Jorge Mulumba, na maioria dos temas, optou pela puíta, instrumento relegado ao esquecimento nos tempos actuais. Cantou e teve a cumplicidade do hungu e da lata. O suporte de Pascoal Caminha marcando no dikindu e o de João Eliseu encorajavam Sebastian Gramss, no contrabaixo, demonstrando ser apaixonado por fusões rítmicas e sonoras.
Cena Musical Angolana
Gramss, principal responsável deste encontro musical, fez um balanço positivo da iniciativa e espera levar o projecto até a Alemanha. Apesar da timidez e da insegurança que os artistas demonstraram nos primeiros ensaios, conseguiu, a par de Jorge Mulumba, fazer arranjos que surpreenderão tanto os conservadores quanto os inovadores musicais. Os alemães experimentaram outros sons, como ficou provado numa animada jamsession com Ndaka Yo Wiñi e jovens artistas gospel.
Gabriele Stiller-Kern, directora do Goethe Institut, falando do encontro musical entre o Trio de Jazz Slowfox e o grupo NguamiMaka, revelou o seguinte: “No ano passado, o Goethe-Institut convidou Sebastian Gramss, líder da premiada banda Slowfox, para realizar uma pesquisa sobre a cena musical em Angola. Sebastian conheceu mais do que 60 artistas, e foi no pátio do Palácio de Ferro que ouviu a música dos Nguami Maka pela primeira vez.”
“Naquele dia Nguami Maka apresentou a sua música a um grupo de alunos para conhecer a música tradicional de Angola e Sebastian entendeu, que não é comum encontrar uma banda dedicada aos ritmos tradicionais da música angolana em Luanda. Entusiasmado pela beleza e pela força da música dos Nguami Maka, Sebastian percebeu que era com eles que ele queria experimentar novas aventuras musicais. De regresso à Alemanha, Sebastian mostrou as gravações trazidas de Luanda aos colegas do Slowfox e começou a preparar a colaboração com os Nguami Maka. Estas gravações mostram que os artistas não actuavam às cegas.”

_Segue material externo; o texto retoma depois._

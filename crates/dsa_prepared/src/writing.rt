//! Writing the rows of a prepared submission.

ghost use Rattle.std.specs.Prelude.{◌≡◌, ◌++◌, All, IfOk, OnOk, length, map};
ghost use Rattle.dsa_prepared.specs.Rows.{ArePrepared, AreNumbered, entry_in, entry_row, header_row, region_rows_of, rows_of, template_in, tie_row};

use crate::entry::Entry;
use crate::parts::Parts;
use crate::row::{Row, entry_row, region_row, tie_row};
use crate::tie::Tie;
use dsa_descriptor::Span;
use std::alloc::{AllocError, Global};

/// "DSAPREP1" as bytes of a little-endian number. The last of them is the version of the layout.
pub const MAGIC: u64 = 0x3150_4552_5041_5344;

/// Adds the rows of the regions with their units.
fn push_regions(rows: &mut Vec<Row>, regions: &[Span], units: &[u64]) -> Result<(), AllocError>
    requires { length units.now ≡ length regions.now }
    ensures { OnOk result (rows.new.items ≡
        rows.old.items ++ region_rows_of regions.now units.now) }
{
    for i in 0..regions.len() {
        rows.push(region_row(regions[i], units[i]))?;
    }
    Ok(())
}

/// Adds the rows of the ties.
fn push_ties(rows: &mut Vec<Row>, ties: &[Tie]) -> Result<(), AllocError>
    ensures { OnOk result (rows.new.items ≡ rows.old.items ++ map tie_row ties.now) }
{
    for tie in ties {
        rows.push(tie_row(tie))?;
    }
    Ok(())
}

/// Adds the rows of the entries.
fn push_entries(rows: &mut Vec<Row>, entries: &[Entry]) -> Result<(), AllocError>
    requires { All AreNumbered entries.now }
    ensures { OnOk result ((rows.new.items ≡ rows.old.items ++ map entry_row entries.now)
        × (map entry_in (map entry_row entries.now) ≡ entries.now)) }
{
    for k in 0..entries.len() {
        rows.push(entry_row(&entries[k]))?;
    }
    Ok(())
}

/// The header of the rows.
fn header_row(parts: &Parts) -> Row
    ensures { result ≡ header_row parts.now }
{
    Row {
        words: [
            MAGIC,
            parts.regions.len() as u64,
            parts.ties.len() as u64,
            parts.portal.len() as u64,
            parts.staging.len() as u64,
            parts.batches as u64,
            parts.pieces as u64,
            0,
            0,
            0,
        ],
    }
}

/// How many rows the parts have.
fn row_count(parts: &Parts) -> usize {
    let entries = parts.portal.len().saturating_add(parts.staging.len());
    let ties = parts.ties.len().saturating_add(entries);
    parts.regions.len().saturating_add(ties).saturating_add(1)
}

/// The rows of the parts.
pub(crate) fn rows_of(alloc: Global, parts: &Parts) -> Result<Vec<Row>, AllocError>
    ensures { IfOk result (λ rows. (rows.items ≡ rows_of parts.now)
        × (template_in rows.items ≡ parts.now) × ArePrepared rows.items) }
{
    let mut rows = Vec::with_capacity(alloc, row_count(parts))?;
    rows.push(header_row(parts))?;
    push_regions(&mut rows, &parts.regions, &parts.units)?;
    push_ties(&mut rows, &parts.ties)?;
    push_entries(&mut rows, &parts.portal)?;
    push_entries(&mut rows, &parts.staging)?;
    Ok(rows)
}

Entusiasmada com o resultado, Gabriele reconheceu que, com o Nguami Maka, o Trio Slowox encontrou o seu parceiro ideal, afirmando que os músicos estão abertos a culturas diferentes, com orientação percussionista e uma postura experimentalista, que casou na perfeição com a vontade do Trio Slowfox de entrar na música angolana. Finalizou reiterando o desejo de conseguir dar continuidade a este dialogo intercultural e atribuir-lhe um nível artístico mais elevado, já no próximo ano na Alemanha.